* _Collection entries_
╔══

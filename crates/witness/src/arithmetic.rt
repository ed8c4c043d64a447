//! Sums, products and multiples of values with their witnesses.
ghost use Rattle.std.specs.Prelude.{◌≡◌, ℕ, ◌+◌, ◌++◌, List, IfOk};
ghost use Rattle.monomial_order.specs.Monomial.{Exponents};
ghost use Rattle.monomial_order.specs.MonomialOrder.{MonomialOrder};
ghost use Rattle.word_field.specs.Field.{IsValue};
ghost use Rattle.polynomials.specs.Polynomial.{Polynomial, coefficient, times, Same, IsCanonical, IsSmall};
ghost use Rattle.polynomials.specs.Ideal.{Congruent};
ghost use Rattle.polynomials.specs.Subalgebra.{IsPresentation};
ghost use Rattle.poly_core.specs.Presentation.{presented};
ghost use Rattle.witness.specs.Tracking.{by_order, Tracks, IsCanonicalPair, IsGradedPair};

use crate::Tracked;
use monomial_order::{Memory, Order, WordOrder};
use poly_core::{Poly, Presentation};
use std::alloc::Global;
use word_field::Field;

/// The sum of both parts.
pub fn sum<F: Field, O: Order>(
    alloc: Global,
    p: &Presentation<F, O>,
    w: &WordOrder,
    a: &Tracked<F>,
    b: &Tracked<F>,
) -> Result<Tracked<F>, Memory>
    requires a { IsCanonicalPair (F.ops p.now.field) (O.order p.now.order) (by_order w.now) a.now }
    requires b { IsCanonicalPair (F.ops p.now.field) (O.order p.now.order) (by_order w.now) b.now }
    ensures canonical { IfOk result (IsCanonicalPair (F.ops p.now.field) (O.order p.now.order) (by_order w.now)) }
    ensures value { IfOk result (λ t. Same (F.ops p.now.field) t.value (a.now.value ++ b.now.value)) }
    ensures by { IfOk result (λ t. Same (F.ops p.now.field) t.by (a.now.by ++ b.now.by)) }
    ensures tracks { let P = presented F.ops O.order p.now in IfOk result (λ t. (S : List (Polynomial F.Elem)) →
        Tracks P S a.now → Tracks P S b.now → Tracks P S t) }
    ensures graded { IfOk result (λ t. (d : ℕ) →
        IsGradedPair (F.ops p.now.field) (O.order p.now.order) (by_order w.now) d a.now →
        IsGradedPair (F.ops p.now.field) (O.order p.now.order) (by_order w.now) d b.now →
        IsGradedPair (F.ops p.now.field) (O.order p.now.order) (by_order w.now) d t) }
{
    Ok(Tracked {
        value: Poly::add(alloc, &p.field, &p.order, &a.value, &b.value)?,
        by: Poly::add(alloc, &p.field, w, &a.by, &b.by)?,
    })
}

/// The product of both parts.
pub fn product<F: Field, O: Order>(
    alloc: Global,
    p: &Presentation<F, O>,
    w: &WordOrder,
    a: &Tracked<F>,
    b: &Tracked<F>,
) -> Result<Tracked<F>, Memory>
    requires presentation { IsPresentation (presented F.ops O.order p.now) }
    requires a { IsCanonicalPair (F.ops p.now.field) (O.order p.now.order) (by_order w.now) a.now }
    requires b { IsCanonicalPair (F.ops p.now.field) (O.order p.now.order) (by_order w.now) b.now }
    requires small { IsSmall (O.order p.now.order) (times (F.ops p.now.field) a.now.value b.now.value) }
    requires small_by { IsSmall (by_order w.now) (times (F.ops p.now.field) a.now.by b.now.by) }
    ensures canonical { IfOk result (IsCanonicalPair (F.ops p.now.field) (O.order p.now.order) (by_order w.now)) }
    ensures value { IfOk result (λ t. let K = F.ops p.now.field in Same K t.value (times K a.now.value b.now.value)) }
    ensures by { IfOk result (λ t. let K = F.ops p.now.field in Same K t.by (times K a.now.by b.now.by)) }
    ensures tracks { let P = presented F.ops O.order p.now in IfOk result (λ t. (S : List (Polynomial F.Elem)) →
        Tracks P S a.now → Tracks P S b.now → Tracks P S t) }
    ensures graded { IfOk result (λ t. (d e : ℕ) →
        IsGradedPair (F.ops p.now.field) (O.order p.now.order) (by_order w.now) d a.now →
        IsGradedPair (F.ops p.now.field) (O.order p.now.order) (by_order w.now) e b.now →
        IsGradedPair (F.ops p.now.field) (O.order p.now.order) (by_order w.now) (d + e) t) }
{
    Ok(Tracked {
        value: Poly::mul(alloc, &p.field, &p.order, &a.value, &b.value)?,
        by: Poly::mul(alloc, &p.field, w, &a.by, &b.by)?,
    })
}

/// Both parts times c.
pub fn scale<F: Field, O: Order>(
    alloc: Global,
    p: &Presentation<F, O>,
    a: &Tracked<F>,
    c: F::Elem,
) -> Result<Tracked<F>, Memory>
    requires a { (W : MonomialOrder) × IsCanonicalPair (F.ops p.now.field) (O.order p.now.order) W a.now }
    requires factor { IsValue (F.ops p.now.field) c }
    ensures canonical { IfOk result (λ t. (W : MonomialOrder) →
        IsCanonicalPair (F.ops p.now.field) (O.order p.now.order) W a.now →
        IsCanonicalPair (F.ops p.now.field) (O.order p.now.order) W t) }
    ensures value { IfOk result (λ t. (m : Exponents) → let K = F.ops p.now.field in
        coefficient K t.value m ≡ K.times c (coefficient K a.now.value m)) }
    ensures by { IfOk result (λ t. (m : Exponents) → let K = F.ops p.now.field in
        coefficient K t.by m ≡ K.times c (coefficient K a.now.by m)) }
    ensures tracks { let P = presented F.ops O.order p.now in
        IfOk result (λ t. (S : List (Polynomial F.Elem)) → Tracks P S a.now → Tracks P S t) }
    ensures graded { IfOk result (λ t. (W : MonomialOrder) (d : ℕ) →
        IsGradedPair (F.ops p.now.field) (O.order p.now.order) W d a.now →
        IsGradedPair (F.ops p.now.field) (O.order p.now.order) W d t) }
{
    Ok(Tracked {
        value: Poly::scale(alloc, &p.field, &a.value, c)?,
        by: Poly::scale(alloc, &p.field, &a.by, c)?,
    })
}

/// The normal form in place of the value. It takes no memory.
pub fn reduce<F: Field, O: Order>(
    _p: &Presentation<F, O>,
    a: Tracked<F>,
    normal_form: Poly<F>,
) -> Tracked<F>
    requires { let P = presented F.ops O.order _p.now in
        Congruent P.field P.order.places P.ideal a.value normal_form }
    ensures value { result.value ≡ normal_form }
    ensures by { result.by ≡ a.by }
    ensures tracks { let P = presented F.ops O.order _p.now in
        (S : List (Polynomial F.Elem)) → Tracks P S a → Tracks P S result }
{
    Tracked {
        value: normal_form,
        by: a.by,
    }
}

╚══

* _What is required_
Output all records exactly, with nothing added or dropped.

* _Result for this exercise_
filename crates/witness/src/arithmetic.rt
repository ed8c4c043d64a447
//! Sums, products and multiples of values with their witnesses.
ghost use Rattle.std.specs.Prelude.{◌≡◌, ℕ, ◌+◌, ◌++◌, List, IfOk};
ghost use Rattle.monomial_order.specs.Monomial.{Exponents};
ghost use Rattle.monomial_order.specs.MonomialOrder.{MonomialOrder};
ghost use Rattle.word_field.specs.Field.{IsValue};
ghost use Rattle.polynomials.specs.Polynomial.{Polynomial, coefficient, times, Same, IsCanonical, IsSmall};
ghost use Rattle.polynomials.specs.Ideal.{Congruent};
ghost use Rattle.polynomials.specs.Subalgebra.{IsPresentation};
ghost use Rattle.poly_core.specs.Presentation.{presented};
ghost use Rattle.witness.specs.Tracking.{by_order, Tracks, IsCanonicalPair, IsGradedPair};

use crate::Tracked;
use monomial_order::{Memory, Order, WordOrder};
use poly_core::{Poly, Presentation};
use std::alloc::Global;
use word_field::Field;

/// The sum of both parts.
pub fn sum<F: Field, O: Order>(
    alloc: Global,
    p: &Presentation<F, O>,
    w: &WordOrder,
    a: &Tracked<F>,
    b: &Tracked<F>,
) -> Result<Tracked<F>, Memory>
    requires a { IsCanonicalPair (F.ops p.now.field) (O.order p.now.order) (by_order w.now) a.now }
    requires b { IsCanonicalPair (F.ops p.now.field) (O.order p.now.order) (by_order w.now) b.now }
    ensures canonical { IfOk result (IsCanonicalPair (F.ops p.now.field) (O.order p.now.order) (by_order w.now)) }
    ensures value { IfOk result (λ t. Same (F.ops p.now.field) t.value (a.now.value ++ b.now.value)) }
    ensures by { IfOk result (λ t. Same (F.ops p.now.field) t.by (a.now.by ++ b.now.by)) }
    ensures tracks { let P = presented F.ops O.order p.now in IfOk result (λ t. (S : List (Polynomial F.Elem)) →
        Tracks P S a.now → Tracks P S b.now → Tracks P S t) }
    ensures graded { IfOk result (λ t. (d : ℕ) →
        IsGradedPair (F.ops p.now.field) (O.order p.now.order) (by_order w.now) d a.now →
        IsGradedPair (F.ops p.now.field) (O.order p.now.order) (by_order w.now) d b.now →
        IsGradedPair (F.ops p.now.field) (O.order p.now.order) (by_order w.now) d t) }
{
    Ok(Tracked {
        value: Poly::add(alloc, &p.field, &p.order, &a.value, &b.value)?,
        by: Poly::add(alloc, &p.field, w, &a.by, &b.by)?,
    })
}

/// The product of both parts.
pub fn product<F: Field, O: Order>(
    alloc: Global,
    p: &Presentation<F, O>,
    w: &WordOrder,
    a: &Tracked<F>,
    b: &Tracked<F>,
) -> Result<Tracked<F>, Memory>
    requires presentation { IsPresentation (presented F.ops O.order p.now) }
    requires a { IsCanonicalPair (F.ops p.now.field) (O.order p.now.order) (by_order w.now) a.now }
    requires b { IsCanonicalPair (F.ops p.now.field) (O.order p.now.order) (by_order w.now) b.now }
    requires small { IsSmall (O.order p.now.order) (times (F.ops p.now.field) a.now.value b.now.value) }
    requires small_by { IsSmall (by_order w.now) (times (F.ops p.now.field) a.now.by b.now.by) }
    ensures canonical { IfOk result (IsCanonicalPair (F.ops p.now.field) (O.order p.now.order) (by_order w.now)) }
    ensures value { IfOk result (λ t. let K = F.ops p.now.field in Same K t.value (times K a.now.value b.now.value)) }
    ensures by { IfOk result (λ t. let K = F.ops p.now.field in Same K t.by (times K a.now.by b.now.by)) }
    ensures tracks { let P = presented F.ops O.order p.now in IfOk result (λ t. (S : List (Polynomial F.Elem)) →
        Tracks P S a.now → Tracks P S b.now → Tracks P S t) }
    ensures graded { IfOk result (λ t. (d e : ℕ) →
        IsGradedPair (F.ops p.now.field) (O.order p.now.order) (by_order w.now) d a.now →
        IsGradedPair (F.ops p.now.field) (O.order p.now.order) (by_order w.now) e b.now →
        IsGradedPair (F.ops p.now.field) (O.order p.now.order) (by_order w.now) (d + e) t) }
{
    Ok(Tracked {
        value: Poly::mul(alloc, &p.field, &p.order, &a.value, &b.value)?,
        by: Poly::mul(alloc, &p.field, w, &a.by, &b.by)?,
    })
}

/// Both parts times c.
pub fn scale<F: Field, O: Order>(
    alloc: Global,
    p: &Presentation<F, O>,
    a: &Tracked<F>,
    c: F::Elem,
) -> Result<Tracked<F>, Memory>
    requires a { (W : MonomialOrder) × IsCanonicalPair (F.ops p.now.field) (O.order p.now.order) W a.now }
    requires factor { IsValue (F.ops p.now.field) c }
    ensures canonical { IfOk result (λ t. (W : MonomialOrder) →
        IsCanonicalPair (F.ops p.now.field) (O.order p.now.order) W a.now →
        IsCanonicalPair (F.ops p.now.field) (O.order p.now.order) W t) }
    ensures value { IfOk result (λ t. (m : Exponents) → let K = F.ops p.now.field in
        coefficient K t.value m ≡ K.times c (coefficient K a.now.value m)) }
    ensures by { IfOk result (λ t. (m : Exponents) → let K = F.ops p.now.field in
        coefficient K t.by m ≡ K.times c (coefficient K a.now.by m)) }
    ensures tracks { let P = presented F.ops O.order p.now in
        IfOk result (λ t. (S : List (Polynomial F.Elem)) → Tracks P S a.now → Tracks P S t) }
    ensures graded { IfOk result (λ t. (W : MonomialOrder) (d : ℕ) →
        IsGradedPair (F.ops p.now.field) (O.order p.now.order) W d a.now →
        IsGradedPair (F.ops p.now.field) (O.order p.now.order) W d t) }
{
    Ok(Tracked {
        value: Poly::scale(alloc, &p.field, &a.value, c)?,
        by: Poly::scale(alloc, &p.field, &a.by, c)?,
    })
}

/// The normal form in place of the value. It takes no memory.
pub fn reduce<F: Field, O: Order>(
    _p: &Presentation<F, O>,
    a: Tracked<F>,
    normal_form: Poly<F>,
) -> Tracked<F>
    requires { let P = presented F.ops O.order _p.now in
        Congruent P.field P.order.places P.ideal a.value normal_form }
    ensures value { result.value ≡ normal_form }
    ensures by { result.by ≡ a.by }
    ensures tracks { let P = presented F.ops O.order _p.now in
        (S : List (Polynomial F.Elem)) → Tracks P S a → Tracks P S result }
{
    Tracked {
        value: normal_form,
        by: a.by,
    }
}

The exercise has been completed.